Although B was consistently slightly lower than R in our model, qualitatively our values of R and B are very similar. R measures the homogeneity of phase within the network, whereas B measures how synchronously the cells fire. They produce similar results in these simulations because the network is firing synchronous, near-periodic bursts. B is slightly lower than R because B is more sensitive to small fluctuations in spike time due to noise. An example of a condition in which R and B provide very different response is a ring oscillator (Supplemental Fig. 1). In this ring oscillator, R is relatively high (0.3) because the phase is constant, but B is negative and at its predicted minimum value (−0.11 for 100 cells) because the cells are completely asynchronous. The similarity of R and B in our neural model results shows that the cells tend to fire synchronously during oscillations, not in sequential chains as in this numerical demonstration.

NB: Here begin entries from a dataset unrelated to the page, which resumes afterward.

//! The walk.

ghost use Rattle.std.specs.Prelude.{◌≡◌, ◌++◌, OnOk, IfOk};
ghost use Rattle.go_grammar.specs.Grammar.{ends_named};
ghost use Rattle.go_grammar.specs.Trees.{kind_of, first, last, parts};
ghost use Rattle.go_tree.specs.Views.{view, views};
ghost use Rattle.go_tree.specs.Contexts.{file_context};
ghost use Rattle.go_tree.specs.Events.{is_more, events, events_of};

use crate::enter::{begin, ends_named, enter, file_context, pass};
use crate::own::{push_own, push_statement};
use go_tree::context::Context;
use go_tree::event::Event;
use go_tree::node::Node;
use std::alloc::{AllocError, Global};

/// What the nodes of a file's tree have to do with names, in the order of their tokens.
///
/// # Errors
///
/// Want of memory.
pub fn events(alloc: Global, file: &Node) -> Result<Vec<Event>, AllocError>
    ensures { IfOk result (λ v. v.items ≡ events (file_context (last (view file.now))) (view file.now)) }
{
    let mut out = Vec::new(alloc);
    walk(&file_context(file.last()), file, &mut out)?;
    out.shrink_to_fit();
    Ok(out)
}

/// Whether a part is there.
fn is_more(rest: &[Option<Node>]) -> bool
    ensures { result ≡ is_more (views rest.now) }
{
    for place in rest {
        if place.is_some() {
            return true;
        }
    }
    false
}

/// Puts what a node and those below it tell behind the others.
#[cycle(walk)]
fn walk(context: &Context, node: &Node, out: &mut Vec<Event>) -> Result<(), AllocError>
    ensures { OnOk result (out.new.items ≡ out.old.items ++ events context.now (view node.now)) }
{
    push_statement(context.listed, node.first(), node.last(), out)?;
    push_own(context, node, out)?;
    walk_parts(begin(context, node.kind()), node, out)
}

/// The same of the nodes below, where the context is the one in front of the node's parts.
#[cycle(walk)]
fn walk_parts(mut context: Context, node: &Node, out: &mut Vec<Event>) -> Result<(), AllocError>
    ensures { OnOk result (out.new.items ≡ out.old.items ++ events_of context (kind_of (view node.now)) (first (view node.now)) (last (view node.now)) (parts (view node.now)) 0 (parts (view node.now))) }
{
    let parts = node.parts();
    let named = ends_named(parts);
    for (number, place) in parts.iter().enumerate() {
        let Some(part) = place else {
            continue;
        };
        let more = is_more(&parts[number + 1..]);
        let below = enter(&context, node, named, number, part, more);
        walk(&below, part, out)?;
        context = pass(&context, part);
    }
    Ok(())
}
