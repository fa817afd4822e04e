//! Laws of what the tree of a file has to do with names.

ghost use Rattle.std.specs.Prelude.{◌≡◌, ℕ, false, List, None, map};
ghost use Rattle.go_tokens.specs.declared.token.TokenKind.{TokenKind};
ghost use Rattle.go_grammar.specs.Grammar.{IsFile};
ghost use Rattle.go_grammar.specs.Trees.{Tree, last};
ghost use Rattle.go_tree.specs.declared.context.Context.{Context};
ghost use Rattle.go_tree.specs.declared.context.Site.TheVariants as site;
ghost use Rattle.go_tree.specs.Contexts.{file_context};
ghost use Rattle.go_tree.specs.Events.{events};
ghost use Rattle.go_tree.specs.Meanings.{meanings};
ghost use Rattle.go_tree.specs.Units as names;
ghost use Rattle.go_scopes_events.specs.Functions.{functions_told, function_names};
ghost use Rattle.go_scopes_events.specs.Moved.{moved, moved_context, moved_event};
ghost use Rattle.go_scopes_events.specs.Inside.{LocalsInside, nowhere};
ghost use Rattle.go_scopes_events.specs.Orders.{AreInOrder, EachDeclared, LocalsFollow};
ghost use Rattle.go_scopes_events.specs.Scoped.{IsScoped};
ghost use Rattle.go_scopes_events.specs.Sited.{EachUsed, IsSited};
ghost use Rattle.go_scopes_events.specs.Scopes.{AreNested, AreSwept, IsOrderly, AreOrderly, locals_of};

/// The names that are declared or looked up stand in the order of their tokens.
pub fn names_are_in_order()
    ensures { (ts : List TokenKind) (t : Tree) → IsFile ts t → AreInOrder 0 (last t) (events (file_context (last t)) t) }
{}

/// Each declared name has the scope that the specification of Go gives it by its place in the tree: a constant or variable
/// behind its specification or statement, a name of a range behind the operand, and a type from its name on, up to the end of
/// the innermost block; and a parameter in the body of its function (Go specification: Declarations and scope).
pub fn scopes_stand_in_trees()
    ensures { (ts : List TokenKind) (t : Tree) → IsFile ts t → EachDeclared (IsScoped (last t) t) (events (file_context (last t)) t) }
{}

/// Locals are declared behind a function of the package.
pub fn locals_stand_in_functions()
    ensures { (ts : List TokenKind) (t : Tree) → IsFile ts t → LocalsFollow false (events (file_context (last t)) t) }
{}

/// Each local stands inside the last function in front of it, and its scope ends there.
pub fn locals_stand_inside_functions()
    ensures { (ts : List TokenKind) (t : Tree) → IsFile ts t → LocalsInside nowhere (events (file_context (last t)) t) }
{}

/// What the tree of a file tells has names in order, scopes that nest, and no locals in front of its functions.
pub fn files_are_orderly()
    ensures { (ts : List TokenKind) (t : Tree) → IsFile ts t → IsOrderly (events (file_context (last t)) t) }
{}

/// The functions that the tree of a file declares are its functions, in order of place.
pub fn functions_are_told_in_order()
    ensures { (ts : List TokenKind) (t : Tree) → IsFile ts t → functions_told (events (file_context (last t)) t) ≡ function_names t }
{}

/// Each name that is looked up stands in the part of a declaration that its place in the tree says: so a constant or variable
/// needs what its type and its own expression name, a function what its signature names, and a type what its right side names,
/// with the elements of slices and function types apart. This holds of any tree.
pub fn names_stand_in_parts_of_declarations()
    ensures { (t : Tree) → EachUsed (IsSited None site.Elsewhere t) (events (file_context (last t)) t) }
{}

/// Where the tokens of a tree stand further on, it tells the same of tokens that stand so much further on. This holds of any
/// tree in any context.
pub fn moved_trees_tell_the_same()
    ensures { (n : ℕ) (c : Context) (t : Tree) → events (moved_context n c) (moved n t) ≡ map (moved_event n) (events c t) }
{}

/// The local meanings of a file stand in order, and their scopes nest.
pub fn locals_are_in_order()
    ensures { (us : List names.Unit) → AreOrderly us → (n : ℕ) → AreSwept 0 (locals_of n (meanings us)) × AreNested (locals_of n (meanings us)) }
{}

Quantifying Recruitment to HFOs

The ability of the Driver network to recruit the Neighbors is evaluated qualitatively and quantitatively with several measures. The first analysis is patterned after CR theory and compares the information content of the Driver and Neighbor populations in the frequency domain. The plots of PSD are visually compared for both populations and used to measure the peak oscillation frequency. This qualitative comparison uses β to measure the spectral response, although it must be pointed out that the Neighbor network does not demonstrate CR because it receives a deterministic input. A separate analysis is to use the Drivers' output as the input signal to the Neighbors for a cross-covariance, as described for SR above. Periods of high cross-covariance indicate strong information transfer from the Drivers to the Neighbors, the hallmark of recruitment. We have chosen the cross-covariance value of 0.5 as the threshold for recruitment, a value roughly corresponding to when 50% of the Neighbors are firing synchronously with the Drivers (as in the analysis of R and B). This was a conservative number: qualitative review showed that there was noticeable recruitment with values >0.3 (see example in Fig. 3A).

Fig. 3.

Fig. 3.

Recruitment to high-frequency oscillations (HFOs) with basket cells. A: the oscillating Driver network produces a subthreshold signal to its Neighbors. The Neighbors detect this signal as predicted by stochastic resonance (SR). Top, raster plots and raw voltage output of the Drivers (blue) and Neighbors (black) for 3 scenarios, indicated above. In each case the Drivers receive noise 600 ms before the Neighbors. Colored horizontal bars below voltage traces indicate periods used to calculate PSD; colored diamonds indicate corresponding data points in B. Bottom, PSD of Drivers (green), Neighbors during Driver activation (red), and Neighbors without Driver input (black). Drivers represent the “signal” to the Neighbors. In all 3 cases the Neighbors were recruited to varying degrees, most prominently in the middle case, where PSDs are identical in the 2 cases (75-Hz Drivers, 0.15-nA2 noise). The black PSD lines indicate that the Neighbors did not have coherent oscillations without Driver input, except for loose 30-Hz oscillations for 0.04-nA2 noise. B: cross-covariance measures signal-to-noise ratio (SNR) between Driver and Neighbor outputs. The x-axis is the noise presented to the Neighbor cells only. Data from A generated the 3 indicated points. The monophasic rise and then decline of SNR as noise increases is typical of SR. The Driver frequencies are indicated in the legend. Diagonal tick marks indicate the point at which each scenario has equivalent noise in the Drivers and Neighbors. C: plot of the peak frequency in the Neighbors' PSD. For reference, the Neighbor response to the same input without any Driver input is also included (uncoupled response). The Neighbor frequency is entrained to that of the Drivers for a broad range of noise. Note that the 95-Hz Drivers actually oscillated slower when the Neighbors became active (due to increased basket cell inhibition), accounting for the frequency drop from 0.06 to 0.2 nA2. D: plot of the ratio of β in the Neighbors to the Drivers for each noise level. Output is similar in nature to the cross-covariance. This ratio shows the similarity between oscillatory behavior in the 2 populations but does not demonstrate when β is high or low; thus the values for 40- and 50-Hz Drivers at high noise are unreliable (see raw data in Supplemental Fig. 2A). E: plot of the ratio of Neighbor noise to Driver noise for each Driver frequency. This relationship applies to all subsequent graphs involving Neighbor cells.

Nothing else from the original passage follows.